2010 (WM in Südafrika): Vor seiner ersten WM beruft Löw sogar 27 Akteure. Im Trainingscamp in Südtirol muss er am Ende aber nur den Hoffenheimer Außenverteidiger Andreas Beck streichen. Grund ist Verletzungspech: Kapitän Ballack, Christian Träsch und Heiko Westermann fallen für das Turnier in Südafrika aus. „Er ist tief enttäuscht“, sagt Löw über Beck, den einzigen echten Verlierer.

2012 (EM in Polen und Ukraine): Wieder beruft Löw 27 Akteure für die Turniervorbereitung. Das Streichquartett bilden in Südfrankreich Routinier Cacau sowie die Talente Marc-André ter Stegen, Julian Draxler und Sven Bender. Der damals 20-jährige Torwart ter Stegen spricht von „einer interessanten Erfahrung“. Er hat immerhin zuvor sein Länderspieldebüt erlebt - beim 3:5 im Test gegen die Schweiz.

2014 (WM in Brasilien): 30 Spieler nominiert Löw anfangs. Nach dem 0:0 im Test gegen Polen dürfen 27 mit ins Trainingslager: Die Schalker Max Meyer und Leon Goretzka sowie der lange verletzte Hamburger Marcell Jansen fallen raus, zudem ersetzt der Gladbacher Christoph Kramer den Augsburger André Hahn.
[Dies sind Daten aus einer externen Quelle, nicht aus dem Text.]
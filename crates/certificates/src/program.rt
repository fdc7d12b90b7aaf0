//! The certificate of a program.

ghost use Rattle.std.specs.Prelude.{◌≡◌, IfErr, IfOk};
ghost use Rattle.flow_rules.specs.WellFormed.{HasSmallInterests};
ghost use Rattle.program_faults.specs.ListedFields.{HasListedFields};
ghost use Rattle.program_faults.specs.ProgramReports.{IsFaultStop};
ghost use Rattle.certificates.specs.Certified.{IsCertified, IsVerdict, IsWritten};
ghost use Rattle.rlc_base.specs.declared.faults.Stop.TheVariants as stops;

use crate::bodies::put_body;
use crate::sheet::{MAX_CERTIFICATE, Sheet};
use fact_pool::Pool;
use flow_certs::check_cert;
use program_model::{BodyId, Program};
use rlc_base::{Stop, Text};
use std::alloc::Global;

/// What is said of a program whose certificate is asked for.
#[derive(Drop)]
pub enum Certified {
    /// No path in a body breaks a rule, and the text is a certificate.
    Written(Text),
    /// No path in a body breaks a rule, and the certificate is longer than 67,108,864 bytes.
    TooLong,
    /// A path in a body breaks a rule.
    Faulty,
}

// Puts the parts of all bodies, where no path breaks a rule. Answers whether none does.
fn put_bodies(alloc: Global, p: &Program, sheet: &mut Sheet) -> Result<bool, Stop>
    requires interests { HasSmallInterests p.now }
    requires fields { HasListedFields p.now }
    ensures verdict { IfOk result (IsVerdict p.now) }
    ensures cause { IfErr result (IsFaultStop p.now) }
{
    let Ok(bodies) = u32::try_from(p.bodies.len()) else {
        return Err(Stop::NoMemory);
    };
    let mut pool = Pool::new(alloc);
    'bodies: for number in 0..bodies {
        if !put_body(alloc, p, BodyId(number), &mut pool, sheet)? {
            return Ok(false);
        }
    }
    Ok(true)
}

// The text of a program of which no path breaks a rule, once it was checked.
fn checked(alloc: Global, p: &Program, sheet: Sheet) -> Result<Certified, Stop>
    requires interests { HasSmallInterests p.now }
    requires fields { HasListedFields p.now }
    ensures written { IfOk result (IsWritten p.now) }
    ensures cause { IfErr result (λ stop. stop ≡ stops.NoMemory) }
{
    let Some(text) = sheet.into_text() else {
        return Ok(Certified::TooLong);
    };
    if text.bytes().len() > MAX_CERTIFICATE {
        return Ok(Certified::TooLong);
    }
    match check_cert(alloc, p, 0, text.bytes()) {
        Ok(()) => Ok(Certified::Written(text)),
        Err(Stop::Refused(_) | Stop::TooMuch(_) | Stop::NoMemory) => Err(Stop::NoMemory),
    }
}

/// The certificate of a program: for each body the pairs of a node and a fact that paths reach, by node and then by the bytes of the
/// line. The text is checked before it is answered, so it is a certificate, whatever the search did.
///
/// # Errors
///
/// `TooMuch` for the first body that passes a limit, with the place of its method, where no path in the bodies before it breaks a rule:
/// code 63, 64 or 65. `NoMemory` where memory runs out, for which 4,294,967,296 bodies or more count too, and a text that the check does
/// not take; no program is known to bring this about.
pub fn write_cert(alloc: Global, p: &Program) -> Result<Certified, Stop>
    requires interests { HasSmallInterests p.now }
    requires fields { HasListedFields p.now }
    ensures certified { IfOk result (IsCertified p.now) }
    ensures cause { IfErr result (IsFaultStop p.now) }
{
    let mut sheet = Sheet::new(alloc);
    sheet.put(b"rlc-cert 1\n")?;
    if !put_bodies(alloc, p, &mut sheet)? {
        return Ok(Certified::Faulty);
    }
    sheet.put(b"end\n")?;
    checked(alloc, p, sheet)
}
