ghost use Rattle.std.specs.Prelude.{◌≡◌, IfOk, IsTrue, option_and_then};
ghost use Rattle.std.specs.Str.{bytes_eq};
ghost use Rattle.ng_ast.specs.declared.Component.{Component as Component'};
ghost use Rattle.ng_semantics.specs.Declared.{tag_of, component_in};
ghost use Rattle.ng_semantics.specs.Template.{nesting, in_order};
ghost use Rattle.ng_semantics.specs.Html.{html};
ghost use Rattle.ng_semantics.specs.First.{IsAlone, IsFirst, are_first_nodes};
ghost use Rattle.ng_update.specs.Fields.{world_of, names_in};
ghost use Rattle.ng_update.specs.Clicked.{attributes_among, clicked, outcome_in};
ghost use Rattle.ng_update.specs.Running.{page_of, click_on, Starts};

use crate::click::{attributes_of, click_listener, run};
use crate::fields::{Field, initial};
use crate::page::{write_end, write_nodes, write_start};
use ng_ast::{App, Component, Decl, TNode};
use ng_values::Fault;
use std::alloc::{AllocError, Global};
use std::marker::Model;

// Elements nest less deep than this.
const NESTING: u32 = 33;

/// What came of an event.
#[derive(Debug, Drop)]
pub enum Delivered {
    /// The statements of the listener ran.
    Ran,
    /// A statement had this fault. What the statements before it wrote stays.
    Fault(Fault),
    /// The page has no element of the tag.
    NoTarget,
    /// The element doesn't listen for the event.
    NoListener,
}

/// A running application of the first form.
#[derive(Drop)]
pub struct FlatEngine {
    alloc: Global,
    component: Component,
    fields: Vec<Field>,
}

impl Model for FlatEngine {
    ghost use Rattle.ng_update.specs.Running.{Running, running_code, IsSound};
    ghost use Rattle.ng_update.specs.Fields.{world_of};

    ghost Value = { Running };

    ghost coded = { running_code };

    ghost view = { λ e. record { component = e.component; world = world_of e.fields.items } };

    ghost invariant = { λ e. IsSound e.component e.fields.items };
}

impl FlatEngine {
    /// Starts an application of the first form, whose fields then hold their initial values. The one error is want of
    /// memory.
    pub fn start(alloc: Global, app: App) -> Result<FlatEngine, AllocError>
        requires first { (c : Component') × IsAlone app c × IsFirst c }
        ensures ok { IfOk result (Starts app) }
    {
        let component = component_of(app);
        let fields = initial(alloc, component.members.as_slice())?;
        Ok(FlatEngine {
            alloc,
            component,
            fields,
        })
    }

    /// Clicks on the first element of a tag, in document order; the root's host, which has no listener, is the first of
    /// all. The statements of the element's listener act one after another: the first fault ends them, and what was
    /// written before it stays. Takes no memory. The cost is that of a walk over the template, and for each statement
    /// of a search through the fields. Which element is meant and what a fault leaves are this project's own rules.
    pub fn click(&mut self, tag: &str) -> Delivered
        ensures outcome { outcome_in result ≡ (click_on self.old tag.now).outcome }
        ensures world { self.new.world ≡ (click_on self.old tag.now).world }
        ensures component { self.new.component ≡ self.old.component }
    {
        if is_root(&self.component, tag) {
            return Delivered::NoListener;
        }
        let nodes = self.component.template.nodes.as_slice();
        click_in(nodes, tag, self.fields.as_mut_slice())
    }

    /// The page over what the fields hold, as bytes of UTF-8. Texts are escaped (`&`, `<`, `>`) as the HTML Living
    /// Standard serializes them. The one error is want of memory. The cost is that of the bytes and, for each
    /// interpolation, of a search through the fields.
    pub fn page(&self) -> Result<Vec<u8>, AllocError>
        ensures { IfOk result (λ bytes. bytes.items ≡ html (page_of self.now)) }
    {
        let mut out = Vec::new(self.alloc);
        let tag = root_tag(&self.component);
        write_start(&mut out, tag)?;
        let nodes = self.component.template.nodes.as_slice();
        write_nodes(&mut out, NESTING, nodes, self.fields.as_slice())?;
        write_end(&mut out, tag)?;
        Ok(out)
    }
}

// The component of an application that has one.
fn component_of(app: App) -> Component
    requires { (c : Component') × IsAlone app c }
    ensures { (c : Component') → IsAlone app c → result ≡ c }
{
    let App { mut decls } = app;
    match component_in(decls.pop()) {
        Some(component) => component,
        None => match component_in(decls.pop()) {
            Some(component) => component,
            None => unreachable!(),
        },
    }
}

fn component_in(decl: Option<Decl>) -> Option<Component>
    ensures { result ≡ option_and_then component_in decl }
{
    match decl {
        Some(Decl::Component(component)) => Some(component),
        _ => None,
    }
}

// The tag of the root's host.
fn root_tag(component: &Component) -> &str
    ensures { result.now ≡ tag_of component.now }
{
    match component.selector.list.get(0) {
        Some(one) => match &one.tag {
            Some(tag) => tag.as_str(),
            None => "",
        },
        None => "",
    }
}

fn is_root(component: &Component, tag: &str) -> bool
    ensures { result ≡ bytes_eq tag.now (tag_of component.now) }
{
    tag == root_tag(component)
}

// A click on the first element of a tag among nodes and the nodes inside them.
fn click_in(nodes: &[TNode], tag: &str, fields: &mut [Field]) -> Delivered
    requires { IsTrue (are_first_nodes (names_in fields.old) nesting nodes.now) }
    ensures result { record { outcome = outcome_in result; world = world_of fields.new } ≡ clicked (world_of fields.old) (attributes_among tag.now (in_order nesting nodes.now)) }
    ensures names { names_in fields.new ≡ names_in fields.old }
{
    match attributes_of(nodes, NESTING, tag) {
        None => Delivered::NoTarget,
        Some(attributes) => match click_listener(attributes) {
            None => Delivered::NoListener,
            Some(statements) => match run(statements, fields) {
                Ok(()) => Delivered::Ran,
                Err(fault) => Delivered::Fault(fault),
            },
        },
    }
}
Der Leverkusener Lars Bender verletzt sich beim Training in Südtirol. Marcel Schmelzer sowie die Neulinge Kevin Volland und Shkodran Mustafi streicht Löw. Mustafi wird trotzdem noch Weltmeister. Den Verteidiger nominiert Löw für Marco Reus nach. Der Dortmunder verletzte sich einen Tag vor der Abreise nach Brasilien im letzten Testspiel gegen Armenien schwer.

2016 (EM in Frankreich): Für den verletzten Reus platzt wieder ein Turniertraum. Auch Sebastian Rudy, Julian Brandt und Karim Bellarabi schaffen es nicht in den finalen Kader. Der Härtefall ist aber Reus, dem Löw die „bittere Entscheidung“ auch noch an dessen 27. Geburtstag im Trainingscamp in der Schweiz mitteilen muss. „Er kann nur geradeaus laufen“, äußert Löw über den Zustand von Reus. Bei den angeschlagenen Stammkräften Bastian Schweinsteiger und Mats Hummels geht Löw dagegen ins Risiko. Das Duo nimmt er mit nach Frankreich.